Step 12: Deploy the bot to Conversational Cloud

In this step, you use Conversation Builder to connect your bot to the bot agent you just created and get the connection running in the Demo environment.

Add the agent connector
  1. Still in the bot in Conversation Builder, click Agent Connectors on the menu bar in the upper-left corner.
  2. Click Add Agent Connector in the upper-right corner.
  3. In the Add Agent Connector dialog box, specify the following based on the bot user you created.
    • Agent User ID: Select the user ID for the bot user agent. This should be "bot_user" or something similar.
    • Role: Select "Agent."
    • Conversation Type: Select "Messaging."
    • Deploy to: Select "Demo." The Demo environment is a testing environment, and the Production environment is the live environment. It's always a best practice to test your bot in the Demo environment first, before deploying it to the Production environment.
  4. Click Save.

LivePerson recommends that, when you connect your bot to Conversational Cloud in a production environment, you deploy at least two Conversational Cloud agent connectors for a single bot. This is so the second can serve to support failover if the first goes down. Additionally, if you have traffic considerations, you might want to deploy three or more. A good baseline is no more than 50 concurrent conversations per agent connector (e.g., deploy 4 connectors to support 200 concurrent conversations).

Start the agent connector
  • Click the Start button to start the agent connector. This fully deploys the bot. It might take a few minutes for the connection to be established.

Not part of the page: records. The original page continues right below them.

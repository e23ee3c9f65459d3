//! Places in a line, as bytes and as units.
use super::assertions::assert_same;
use cps_rpc::{Encoding, place_in, units_before};

/// A character of one byte, one of two, one of four, which are two units of UTF-16, and one of one.
const LINE: &[u8] = b"A\xC3\xA9\xF0\x9F\x98\x80B";

/// Units, and the place before which they stand. Inside a character it is the one before it, and behind the line its end.
const PLACES: [(Encoding, u32, usize); 13] = [
    (Encoding::Utf16, 0, 0),
    (Encoding::Utf16, 1, 1),
    (Encoding::Utf16, 2, 3),
    (Encoding::Utf16, 3, 3),
    (Encoding::Utf16, 4, 7),
    (Encoding::Utf16, 5, 8),
    (Encoding::Utf16, 6, 8),
    (Encoding::Utf8, 1, 1),
    (Encoding::Utf8, 2, 1),
    (Encoding::Utf8, 3, 3),
    (Encoding::Utf8, 6, 3),
    (Encoding::Utf8, 7, 7),
    (Encoding::Utf8, 9, 8),
];

#[test]
fn finds_places(rt: HostRuntime) {
    for (at, (encoding, units, want)) in PLACES.iter().enumerate() {
        assert_same(&rt, at, &place_in(*encoding, LINE, *units), want);
    }
}

/// Places, and the units of the characters that begin before them.
const UNITS: [(Encoding, usize, u32); 11] = [
    (Encoding::Utf16, 0, 0),
    (Encoding::Utf16, 1, 1),
    (Encoding::Utf16, 3, 2),
    (Encoding::Utf16, 4, 4),
    (Encoding::Utf16, 7, 4),
    (Encoding::Utf16, 8, 5),
    (Encoding::Utf16, 9, 5),
    (Encoding::Utf8, 1, 1),
    (Encoding::Utf8, 3, 3),
    (Encoding::Utf8, 7, 7),
    (Encoding::Utf8, 8, 8),
];

#[test]
fn counts_units(rt: HostRuntime) {
    for (at, (encoding, place, want)) in UNITS.iter().enumerate() {
        assert_same(&rt, at, &units_before(*encoding, LINE, *place), want);
    }
}
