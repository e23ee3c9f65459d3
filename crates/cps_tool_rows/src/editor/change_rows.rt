//! Changes of a text: by the Language Server Protocol, but for positions that stand nowhere.
use super::assertions::assert_same;
use super::line_rows::assert_lines;
use cps_rpc::{Buffer, Encoding, Position, Range, Replacement};
use std::alloc::Global;
use std::process::Abort;

/// A text, the line and character where a range begins and where it ends, or None for all of the text, and the new text. Then the lines of the
/// changed text, each with a bar behind it; and of the lines that gave way the first, the first behind them, and how many came.
type BufferRow = (
    &'static [u8],
    Option<[u32; 4]>,
    &'static [u8],
    &'static str,
    [usize; 3],
);

/// The range from a line and character to others.
fn range_of(places: [u32; 4]) -> Range {
    let [line, character, end_line, end_character] = places;
    Range {
        start: Position { line, character },
        end: Position {
            line: end_line,
            character: end_character,
        },
    }
}

fn numbers_of(replacement: Replacement) -> [usize; 3] {
    [replacement.first, replacement.end, replacement.count]
}

/// Makes the change of a row, and asserts what comes of it.
fn assert_change(rt: &impl Abort, alloc: Global, encoding: Encoding, at: usize, row: &BufferRow) {
    let (text, places, new, lines, replaced) = row;
    let mut buffer = Buffer::of(alloc, text).expect(rt, "memory");
    let replacement = buffer
        .change(encoding, places.map(range_of), new)
        .expect(rt, "memory");
    assert_same(rt, at, &numbers_of(replacement), replaced);
    assert_lines(rt, alloc, at, &buffer, lines);
    drop(buffer);
}

/// What is done in an editor.
const CHANGES: [BufferRow; 8] = [
    // a key is typed
    (b"AB\nCD\n", Some([1, 1, 1, 1]), b"X", "AB|CXD||", [1, 2, 1]),
    // Enter in the middle of a line
    (b"ABCD\nE", Some([0, 2, 0, 2]), b"\n", "AB|CD|E|", [0, 1, 2]),
    // two lines are joined
    (b"AB\nCD\nE", Some([0, 2, 1, 0]), b"", "ABCD|E|", [0, 2, 1]),
    // three lines are pasted
    (
        b"AB\nC",
        Some([0, 1, 0, 1]),
        b"1\n2\n3\n",
        "A1|2|3|B|C|",
        [0, 1, 4],
    ),
    // what stands on three lines is deleted
    (
        b"AB\nCD\nEF\nG",
        Some([0, 1, 2, 1]),
        b"",
        "AF|G|",
        [0, 3, 1],
    ),
    // another word comes in the place of one
    (
        b"AB CD EF\n",
        Some([0, 3, 0, 5]),
        b"XYZ",
        "AB XYZ EF||",
        [0, 1, 1],
    ),
    // all of the text is replaced
    (b"AB\nCD", None, b"X\n", "X||", [0, 2, 2]),
    // a text is typed where there is none
    (b"", Some([0, 0, 0, 0]), b"A\nB", "A|B|", [0, 1, 2]),
];

#[test]
fn changes_a_text(rt: HostRuntime) {
    for (at, row) in CHANGES.iter().enumerate() {
        assert_change(&rt, rt.alloc(), Encoding::Utf16, at, row);
    }
}

/// Positions that stand nowhere.
const NOWHERE: [BufferRow; 5] = [
    // behind a line's end: before its carriage return
    (
        b"AB\r\nCD\r\n",
        Some([0, 9, 0, 9]),
        b"X",
        "ABX\r|CD\r||",
        [0, 1, 1],
    ),
    // behind the text: at its end
    (b"AB\nCD", Some([7, 0, 7, 3]), b"X", "AB|CDX|", [1, 2, 1]),
    // from a place in the text to one behind it
    (b"AB\nCD\n", Some([0, 1, 9, 9]), b"X", "AX|", [0, 3, 1]),
    // an end before its start counts as the start
    (
        b"ABCD\nEF",
        Some([0, 3, 0, 1]),
        b"X",
        "ABCXD|EF|",
        [0, 1, 1],
    ),
    (
        b"ABCD\nEF",
        Some([1, 1, 0, 2]),
        b"X",
        "ABCD|EXF|",
        [1, 2, 1],
    ),
];

#[test]
fn changes_at_positions_that_stand_nowhere(rt: HostRuntime) {
    for (at, row) in NOWHERE.iter().enumerate() {
        assert_change(&rt, rt.alloc(), Encoding::Utf16, at, row);
    }
}

/// A line of a character of four bytes and two letters, by units of UTF-16.
const PAIR: &[u8] = b"\xF0\x9F\x98\x80BC";

/// The character has two units.
const UTF16: [BufferRow; 3] = [
    (PAIR, Some([0, 2, 0, 3]), b"X", "\u{1F600}XC|", [0, 1, 1]),
    // between the two units: before the character
    (PAIR, Some([0, 1, 0, 1]), b"X", "X\u{1F600}BC|", [0, 1, 1]),
    (PAIR, Some([0, 1, 0, 2]), b"", "BC|", [0, 1, 1]),
];

#[test]
fn counts_units_of_utf16(rt: HostRuntime) {
    for (at, row) in UTF16.iter().enumerate() {
        assert_change(&rt, rt.alloc(), Encoding::Utf16, at, row);
    }
}

/// The character has four units.
const UTF8: [BufferRow; 2] = [
    (PAIR, Some([0, 4, 0, 5]), b"X", "\u{1F600}XC|", [0, 1, 1]),
    // inside the character: before it
    (PAIR, Some([0, 3, 0, 3]), b"X", "X\u{1F600}BC|", [0, 1, 1]),
];

#[test]
fn counts_units_of_utf8(rt: HostRuntime) {
    for (at, row) in UTF8.iter().enumerate() {
        assert_change(&rt, rt.alloc(), Encoding::Utf8, at, row);
    }
}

    To view more details about the connector, move your mouse over the i icon beside Details.

Step 13: Test the bot

In this step, you'll be testing with Messaging, so you'll be using this test page. When you test with Chat, you can use this test page, adding your account number to the URL.

  1. Be sure you are online as a Human agent in Conversational Cloud.

  2. In a browser, navigate to this test page.

  3. Enter your account number and username (just your first name will do fine), and then click Update.

  4. Click the Messaging call to action.

    This connects you with the bot in the Bot skill.

  5. Enter a message to test the bot, and press Enter.

  6. Trigger the Agent Handoff dialog by entering, "I want to speak to an agent."

    The conversation should be transferred to you as long as you assigned your test agent with the appropriate skill.

  7. Return to Conversational Cloud. On the left sidebar, note on the "Agent workspace for Chat" icon that there's a message indicator.

  8. Click the icon to enter the agent workspace in Conversational Cloud. Then click Accept in the lower-left corner.

    As an agent, when you accept the inbound transfer, you should see something like this below in your Conversational Cloud dashboard. You can now take part in a live chat.